Multiply row 2 by 9 and add it to row 3.

     \begin{align*}  \[ \Rightarrow &   \left| \begin{array}{ccc|ccc}  1 & 0 & 1              & \frac{1}{3} & 0 & \frac{1}{3} \\  0 & 1 & 6            & \frac{7}{6} & -\frac{1}{2} & \frac{7}{6}\\  0 & 0 & 56             & \frac{61}{6} & -\frac{9}{2} & \frac{67}{6}   \end{array} \right| \] \end{align*}

Divide row 3 by 56.

     \begin{align*}  \[ \Rightarrow &    \left| \begin{array}{ccc|ccc}  1 & 0 & 1              & \frac{1}{3} & 0 & \frac{1}{3} \\  0 & 1 & 6            & \frac{7}{6} & -\frac{1}{2} & \frac{7}{6}\\  0 & 0 & 1             & \frac{61}{336} & -\frac{9}{112} & \frac{67}{336}   \end{array} \right| \] \end{align*}

Multiply row 3 by 6 and subtract it from row 2.

     \begin{align*}  \[ \Rightarrow &   \left| \begin{array}{ccc|ccc}  1 & 0 & 1              & \frac{1}{3} & 0 & \frac{1}{3} \\  0 & 1 & 0            & \frac{13}{168} & -\frac{1}{56} & -\frac{5}{168}\\ 0 & 0 & 1             & \frac{61}{336} & -\frac{9}{112} & \frac{67}{336}   \end{array} \right| \] \end{align*}

Finally we subtract row 3 from row 1 to achieve the reduced form.

     \begin{align*}  \[ \Rightarrow &   \left| \begin{array}{ccc|ccc}  1 & 0 & 0              & \frac{51}{336} & \frac{9}{112} & \frac{45}{336} \\  0 & 1 & 0            & \frac{13}{168} & -\frac{1}{56} & -\frac{5}{168}\\ 0 & 0 & 1             & \frac{61}{336} & -\frac{9}{112} & \frac{67}{336}   \end{array} \right| \] \end{align*}

Therefore the inverse of matrix A is as follows.

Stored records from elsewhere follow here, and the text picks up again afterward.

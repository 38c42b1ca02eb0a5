//! Syntax trees: files, declarations, members, types, annotations and expressions.

use crate::token::{Symbol, Token};
use aidl_base::{DottedName, Ident, Row, Text};

// Each `offset` is that of the part's first token, annotations included, in bytes from the start of the file.

/// A file's path below its tree, and what it says.
pub struct ParsedFile {
    pub path: Text,
    pub tree: FileTree,
}

impl Drop for ParsedFile {
    fn drop(self) {
        let ParsedFile { path: _, tree: _ } = self;
    }
}

/// A whole file: its package, its imports in order and its one top-level declaration.
pub struct FileTree {
    pub offset: u32,
    pub package: Option<DottedTree>,
    pub imports: Row<DottedTree>,
    pub decl: DeclTree,
}

impl Drop for FileTree {
    fn drop(self) {
        let FileTree {
            offset: _,
            package: _,
            imports: _,
            decl: _,
        } = self;
    }
}

/// An identifier.
#[derive(Drop)]
pub struct NameTree {
    pub offset: u32,
    pub name: Ident,
}

/// Identifiers joined by dots.
#[derive(Drop)]
pub struct DottedTree {
    pub offset: u32,
    pub name: DottedName,
}

/// A declaration.
#[cycle(decl)]
#[derive(Drop)]
pub struct DeclTree {
    pub offset: u32,
    pub annots: Row<AnnotTree>,
    pub name: NameTree,
    pub body: BodyTree,
}

/// What a declaration declares, with its parts in order.
#[cycle(decl)]
#[derive(Drop)]
pub enum BodyTree {
    Parcelable(Row<MemberTree>),
    Union(Row<MemberTree>),
    Enum(Row<EnumeratorTree>),
    Interface {
        oneway: bool,
        members: Row<MemberTree>,
    },
}

/// A member of a parcelable, a union or an interface.
#[cycle(decl)]
#[derive(Drop)]
pub enum MemberTree {
    Field(FieldTree),
    Constant(ConstantTree),
    Method(MethodTree),
    Nested(DeclTree),
}

/// A field of a parcelable or a union, with its initializer where it has one.
#[derive(Drop)]
pub struct FieldTree {
    pub offset: u32,
    pub annots: Row<AnnotTree>,
    pub ty: TypeTree,
    pub name: NameTree,
    pub initial: Option<InitTree>,
}

/// A constant.
#[derive(Drop)]
pub struct ConstantTree {
    pub offset: u32,
    pub annots: Row<AnnotTree>,
    pub ty: TypeTree,
    pub name: NameTree,
    pub value: ExprTree,
}

/// An enumerator, with its expression where it has one.
#[derive(Drop)]
pub struct EnumeratorTree {
    pub offset: u32,
    pub name: NameTree,
    pub value: Option<ExprTree>,
}

/// A method. Its `result` is None for `void`, and its `id` is the token of the number after `=`, where one stands.
#[derive(Drop)]
pub struct MethodTree {
    pub offset: u32,
    pub annots: Row<AnnotTree>,
    pub oneway: bool,
    pub result: Option<TypeTree>,
    pub name: NameTree,
    pub args: Row<ArgTree>,
    pub id: Option<Token>,
}

/// The direction of an argument.
#[derive(Clone, Copy, PartialEq, Eq)]
pub enum WayTree {
    In,
    Out,
    InOut,
}

/// An argument, with its direction where one is written. Its annotations are those before the direction and those
/// after it, as one list.
#[derive(Drop)]
pub struct ArgTree {
    pub offset: u32,
    pub annots: Row<AnnotTree>,
    pub way: Option<WayTree>,
    pub ty: TypeTree,
    pub name: NameTree,
}

/// A type: a name, the name between `<` and `>` where there is one, and whether `[]` follows.
pub struct TypeTree {
    pub offset: u32,
    pub name: DottedTree,
    pub element: Option<DottedTree>,
    pub array: bool,
}

impl Drop for TypeTree {
    fn drop(self) {
        let TypeTree {
            offset: _,
            name: _,
            element: _,
            array: _,
        } = self;
    }
}

/// An initializer: one expression, or a list of them in braces.
#[derive(Drop)]
pub enum InitTree {
    Single(ExprTree),
    Braces { offset: u32, items: Row<ExprTree> },
}

/// An annotation.
pub struct AnnotTree {
    pub offset: u32,
    pub name: NameTree,
    pub params: Row<ParamTree>,
}

impl Drop for AnnotTree {
    fn drop(self) {
        let AnnotTree {
            offset: _,
            name: _,
            params: _,
        } = self;
    }
}

/// A parameter of an annotation, with its name where one is written.
#[derive(Drop)]
pub struct ParamTree {
    pub offset: u32,
    pub name: Option<NameTree>,
    pub value: InitTree,
}

/// An expression.
#[cycle(expr)]
pub struct ExprTree {
    pub offset: u32,
    pub kind: ExprKind,
}

impl Drop for ExprTree {
    fn drop(self) {
        let ExprTree { offset: _, kind: _ } = self;
    }
}

/// What an expression is.
#[cycle(expr)]
#[derive(Drop)]
pub enum ExprKind {
    /// a number, a character, a string, `true` or `false`, as its token
    Literal(Token),
    /// a name
    Name(DottedTree),
    /// an expression in parentheses
    Group(Box<ExprTree>),
    /// an operator before its operand
    Unary(Symbol, Box<ExprTree>),
    /// an operator between its operands
    Binary(Symbol, Box<ExprTree>, Box<ExprTree>),
}
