//! Laws of the definitions of tokens and trees: places ascend inside the bytes, and each part is well formed.
ghost use Rattle.std.specs.Prelude.{◌≡◌, ◌<◌, ℕ, true, List, length, map};
ghost use Rattle.std.specs.List.{All};
ghost use Rattle.std.specs.List.Sorted.{IsStrictlyIncreasing};
ghost use Rattle.aidl_base.specs.Identifiers.{is_identifier};
ghost use Rattle.aidl_syntax.specs.Parses.{Holds, FileParse};
ghost use Rattle.aidl_syntax.specs.Tokens.{Tokens};
ghost use Rattle.aidl_syntax.specs.Trees.{file_of};
ghost use Rattle.aidl_syntax.specs.Walks.{places_of, names_of, dotted_of, literals_of};

use crate::token::Token;
use crate::tree::FileTree;

/// A law of the definitions: the tokens of any bytes ascend, lie inside the bytes, and hold what their kind may hold.
pub fn law_tokens(tokens: &[Token])
    ensures ascend { (bytes : List ℕ) → Tokens bytes tokens.now
        → IsStrictlyIncreasing (map (λ t. t.offset) tokens.now) }
    ensures inside { (bytes : List ℕ) → Tokens bytes tokens.now
        → All (λ t. t.offset < length bytes) tokens.now }
    ensures hold { (bytes : List ℕ) → Tokens bytes tokens.now → All (λ t. Holds t.kind) tokens.now }
{}

/// A law of the definitions: in the tree of any bytes the places ascend in the order of a walk through the tree, so that
/// no two are the same, and lie inside the bytes; each name and each part of a dotted name is an identifier; each dotted
/// name has a part; and each literal holds what its kind may hold.
pub fn law_tree(tree: &FileTree)
    ensures ascend { (bytes : List ℕ) → FileParse bytes tree.now
        → IsStrictlyIncreasing (places_of (file_of tree.now)) }
    ensures inside { (bytes : List ℕ) → FileParse bytes tree.now
        → All (λ o. o < length bytes) (places_of (file_of tree.now)) }
    ensures names { (bytes : List ℕ) → FileParse bytes tree.now
        → All (λ i. is_identifier i.0 ≡ true) (names_of (file_of tree.now)) }
    ensures parts { (bytes : List ℕ) → FileParse bytes tree.now
        → All (λ d. 0 < length d.name.0) (dotted_of (file_of tree.now)) }
    ensures literals { (bytes : List ℕ) → FileParse bytes tree.now
        → All (λ t. Holds t.kind) (literals_of (file_of tree.now)) }
{}
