//! Tokens: their kinds, the symbols, and their places.

use aidl_base::{Reserved, Text};

/// The symbols, of one byte and of two (AOSP, "AIDL language": the punctuation and the operators of constants).
#[derive(Clone, Copy, Debug, PartialEq, Eq)]
pub enum Symbol {
    /// `{`
    OpenBrace,
    /// `}`
    CloseBrace,
    /// `(`
    OpenParen,
    /// `)`
    CloseParen,
    /// `[`
    OpenBracket,
    /// `]`
    CloseBracket,
    /// `<`
    Less,
    /// `>`
    Greater,
    /// `,`
    Comma,
    /// `;`
    Semicolon,
    /// `=`
    Equal,
    /// `.`
    Dot,
    /// `@`
    At,
    /// `+`
    Plus,
    /// `-`
    Minus,
    /// `*`
    Star,
    /// `/`
    Slash,
    /// `%`
    Percent,
    /// `&`
    And,
    /// `|`
    Or,
    /// `^`
    Caret,
    /// `~`
    Tilde,
    /// `!`
    Bang,
    /// `<<`
    ShiftLeft,
    /// `>>`
    ShiftRight,
    /// `<=`
    LessEqual,
    /// `>=`
    GreaterEqual,
    /// `==`
    EqualEqual,
    /// `!=`
    NotEqual,
    /// `&&`
    AndAnd,
    /// `||`
    OrOr,
}

/// What a token is.
#[derive(Drop)]
pub enum TokenKind {
    /// an identifier
    Name(Text),
    /// a reserved word
    Word(Reserved),
    /// a number: its value, whether it is hexadecimal, and whether the suffix `L` or `l` stands
    Number {
        bits: u64,
        hexadecimal: bool,
        long: bool,
    },
    /// a character between apostrophes, by its ASCII code
    Character(u32),
    /// a string, without its quotes
    Str(Text),
    /// a symbol
    Mark(Symbol),
}

/// A token, and the place of its first byte, in bytes from the start of the file.
#[derive(Drop)]
pub struct Token {
    pub kind: TokenKind,
    pub offset: u32,
}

     \begin{align*}  \[ A^{-1} &=   \left| \begin{array}{ccc}  \frac{51}{336} & \frac{9}{112} & \frac{45}{336} \\   \frac{13}{168} & -\frac{1}{56} & -\frac{5}{168}\\   \frac{61}{336} & -\frac{9}{112} & \frac{67}{336}   \end{array} \right| \] \end{align*}

That concludes this post on matrix operations. I will introduce the concepts of vectors in the next post and then begin discussing eigenvalues and eigenvectors then move on to introduce the use of complex numbers.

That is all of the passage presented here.